En una entrevista publicada ayer en “Día 1″, suplemento económico de este Diario, el presidente del Instituto Peruano de Economía (IPE), Miguel Palomino, afirmó: “Lo malo que hizo [el expresidente] Castillo casi no hemos empezado a pagarlo”. Por la procedencia profesional de quien la pronunció, la frase hace pensar inmediatamente en el costo económico de la gestión que padecimos hasta hace pocas semanas, pero en realidad tiene una dimensión también institucional y hasta moral.
Cualquier ciudadano atento a las denuncias de corrupción y designación de personas sin las competencias adecuadas en el Ejecutivo que la prensa difundió durante los 16 meses de gobierno del ahora inquilino del penal de Barbadillo sabía que se estaba produciendo un sostenido asalto a la estructura del Estado y al erario nacional. Pero solo ahora, con los destapes que suponen, por ejemplo, las medidas adoptadas recientemente por el Ministerio Público con respecto a los casos de los ascensos irregulares en las Fuerzas Armadas y la Policía Nacional del Perú (PNP), empezamos a conocer el problema a cabalidad.
La fiscalía, en efecto, intervino ayer la casa y la oficina del exministro de Defensa Walter Ayala, y detuvo a seis oficiales de la PNP (otros dos están con orden de captura, pero todavía no han sido ubicados) en el contexto de las mentadas investigaciones, y en la misma fecha nos hemos enterado de la recomendación de la Contraloría General de la República de denunciar penalmente al extitular de la Producción Jorge Prado Palomino por “acto de nepotismo” (de acuerdo con un informe de la entidad, habría tenido injerencia directa en la contratación de un sobrino suyo en la Dirección General de Desarrollo Empresarial de ese ministerio). Asimismo, hemos conocido de la destitución de 312 subprefectos distritales en 23 regiones, vinculados en muchos casos con el azuzamiento de la población que acarreó la semana pasada manifestaciones violentas en buena parte del territorio nacional. Una decisión que viene a redondear la de remover a todos los prefectos del país, adoptada días atrás.
De otro lado, un informe de la Unidad de Investigación de este Diario ha reportado también la preocupante persistencia de ciertos funcionarios nombrados durante la gestión del exmandatario en puestos claves de su administración, como la Casa Militar de Palacio de Gobierno, los ministerios de Energía y Minas o Vivienda, y la Autoridad para la Reconstrucción con Cambios: sectores en los que se manejan significativos presupuestos públicos o que albergan, según la fiscalía, redes de corrupción dirigidas en su momento por el exgobernante.
En suma, un cuadro escandaloso que se va desvelando día a día y que, al parecer, está lejos todavía de mostrar su forma completa.
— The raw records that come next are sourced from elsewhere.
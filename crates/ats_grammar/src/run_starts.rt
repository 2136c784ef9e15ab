//! The state of a reader before a run of parts, which may be empty.

ghost use Rattle.std.specs.Prelude.{◌+◌, ◌<◌, ◌^◌};
ghost use Rattle.ats_grammar.specs.Grammar.{dict_leaves, dict_digests, digests, slots, met_ids, prefixes, entries, list_digests, documents, doc_leaves, doc_digests, term_sections, term_leaves, term_digests, doc_slots, rows};
ghost use Rattle.ats_grammar.specs.ReaderState.{lists_left, sections_left, docs_left};
ghost use Rattle.ats_grammar.specs.Inner.ReaderState.{IsBefore};

use crate::reader_state::{DictPart, DocsPart, ListPart, MetPart, Part, State, TermsPart};

impl State {
    pub(crate) fn at_rows(&mut self, n: u32)
        ensures { IsBefore self.new (rows n) }
    {
        if n == 0 {
            self.part = Part::Docs(DocsPart::End);
            return;
        }
        self.part = Part::Docs(DocsPart::Row);
        self.left = n - 1;
    }

    pub(crate) fn at_term_sections(&mut self, n: u32)
        ensures { IsBefore self.new (term_sections n self.old.present) }
    {
        if n == 0 {
            self.part = Part::Docs(DocsPart::RowCount);
            return;
        }
        self.part = Part::Terms(TermsPart::LeafCount);
        self.sections = n - 1;
    }

    pub(crate) fn at_doc_slots(&mut self, n: u32, low: u64)
        ensures { IsBefore self.new (doc_slots n low (sections_left self.old)) }
    {
        if n == 0 {
            return self.at_term_sections(self.sections);
        }
        self.part = Part::Terms(TermsPart::SlotKind);
        self.left = n - 1;
        self.low = low;
    }

    pub(crate) fn at_term_digests(&mut self, n: u32)
        ensures { IsBefore self.new (digests n (doc_slots self.old.present 0 (sections_left self.old))) }
    {
        if n == 0 {
            return self.at_doc_slots(self.present, 0);
        }
        self.part = Part::Terms(TermsPart::Digest);
        self.left = n - 1;
    }

    pub(crate) fn at_term_leaves(&mut self, n: u32, low: u64)
        ensures { IsBefore self.new (term_leaves n low (term_digests self.old.present (sections_left self.old))) }
    {
        if n == 0 {
            self.part = Part::Terms(TermsPart::DigestCount);
            return;
        }
        self.part = Part::Terms(TermsPart::Position);
        self.left = n - 1;
        self.low = low;
    }

    pub(crate) fn at_docs_digests(&mut self, n: u32)
        ensures { IsBefore self.new (digests n (term_sections self.old.met self.old.present)) }
    {
        if n == 0 {
            return self.at_term_sections(self.met);
        }
        self.part = Part::Docs(DocsPart::Digest);
        self.left = n - 1;
    }

    pub(crate) fn at_doc_leaves(&mut self, n: u32)
        ensures { IsBefore self.new (doc_leaves n (docs_left self.old)) }
    {
        if n == 0 {
            self.part = Part::Docs(DocsPart::DigestCount);
            return;
        }
        self.part = Part::Docs(DocsPart::LeafTerms);
        self.left = n - 1;
    }

    pub(crate) fn at_documents(&mut self)
        ensures { IsBefore self.new (documents self.old.tra self.old.met self.old.present) }
    {
        if self.tra {
            return self.at_doc_leaves(self.met);
        }
        self.part = Part::Docs(DocsPart::RowCount);
    }

    pub(crate) fn at_prefixes(&mut self, n: u32)
        ensures { IsBefore self.new (prefixes n (documents self.old.tra self.old.met self.old.present)) }
    {
        if n == 0 {
            return self.at_documents();
        }
        self.part = Part::List(ListPart::EntryCount);
        self.sections = n - 1;
    }

    pub(crate) fn at_list_digests(&mut self, n: u32)
        ensures { IsBefore self.new (digests n (lists_left self.old)) }
    {
        if n == 0 {
            return self.at_prefixes(self.sections);
        }
        self.part = Part::List(ListPart::Digest);
        self.left = n - 1;
    }

    pub(crate) fn at_entries(&mut self, n: u32)
        ensures { IsBefore self.new (entries n (list_digests (lists_left self.old))) }
    {
        if n == 0 {
            self.part = Part::List(ListPart::DigestCount);
            return;
        }
        self.part = Part::List(ListPart::MetIndex);
        self.left = n - 1;
    }

    pub(crate) fn at_met_ids(&mut self, n: u32, low: u64)
        ensures { IsBefore self.new (met_ids n low (prefixes self.old.present (documents self.old.tra self.old.met self.old.present))) }
    {
        if n == 0 {
            return self.at_prefixes(self.present);
        }
        self.part = Part::Met(MetPart::MetId);
        self.left = n - 1;
        self.low = low;
    }

    pub(crate) fn at_slots(&mut self, n: u32, low: u64)
        requires { self.old.present + n < 2 ^ 32 }
        ensures { IsBefore self.new (slots self.old.tra n low self.old.present) }
    {
        if n == 0 {
            self.part = Part::Met(MetPart::MetCount);
            self.slots = 0;
            return;
        }
        self.part = Part::Met(MetPart::SlotKind);
        self.slots = n - 1;
        self.low = low;
    }

    pub(crate) fn at_dict_digests(&mut self, n: u32)
        ensures { IsBefore self.new (digests n (slots self.old.tra self.old.slots 0 0)) }
    {
        if n == 0 {
            self.present = 0;
            return self.at_slots(self.slots, 0);
        }
        self.part = Part::Dict(DictPart::Digest);
        self.left = n - 1;
    }

    pub(crate) fn at_dict_leaves(&mut self, n: u32, low: u64)
        ensures { IsBefore self.new (dict_leaves n low (dict_digests self.old.tra self.old.slots)) }
    {
        if n == 0 {
            self.part = Part::Dict(DictPart::DigestCount);
            return;
        }
        self.part = Part::Dict(DictPart::Position);
        self.left = n - 1;
        self.low = low;
    }
}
Durante la gestión de Pedro Castillo hubo ciertamente una descomposición dirigida desde las más altas esferas del poder, pero también carta blanca para que en las divisiones inferiores cada uno actuara según su conveniencia. El resultado, como decíamos, es un daño institucional que tardaremos años y hasta lustros en reparar. Pero, como es obvio, mientras más demoremos en iniciar la tarea, más largo será el proceso de recuperación.
No ayuda, desde luego, intentar negar los ribetes lumpenescos o directamente delictivos de lo sucedido entre el 28 de julio del 2021 y el 7 de diciembre de este año, tal y como hacen, por ejemplo, quienes pretenden disfrazar el golpe de Estado ocurrido ese día mediante teorías abstrusas sobre conspiraciones internacionales o voluntades aviesas, pero no consumadas. Esas voces, no nos distraigamos, son cómplices del asalto al que antes hacíamos referencia.
Lo que hemos vivido ha sido una de las peores pesadillas posibles. Es decir, una que se volvió realidad. Y lo que corresponde ahora es desmontarla con prisa y sin pausa. Ojalá el gobierno de Dina Boluarte lo tenga claro.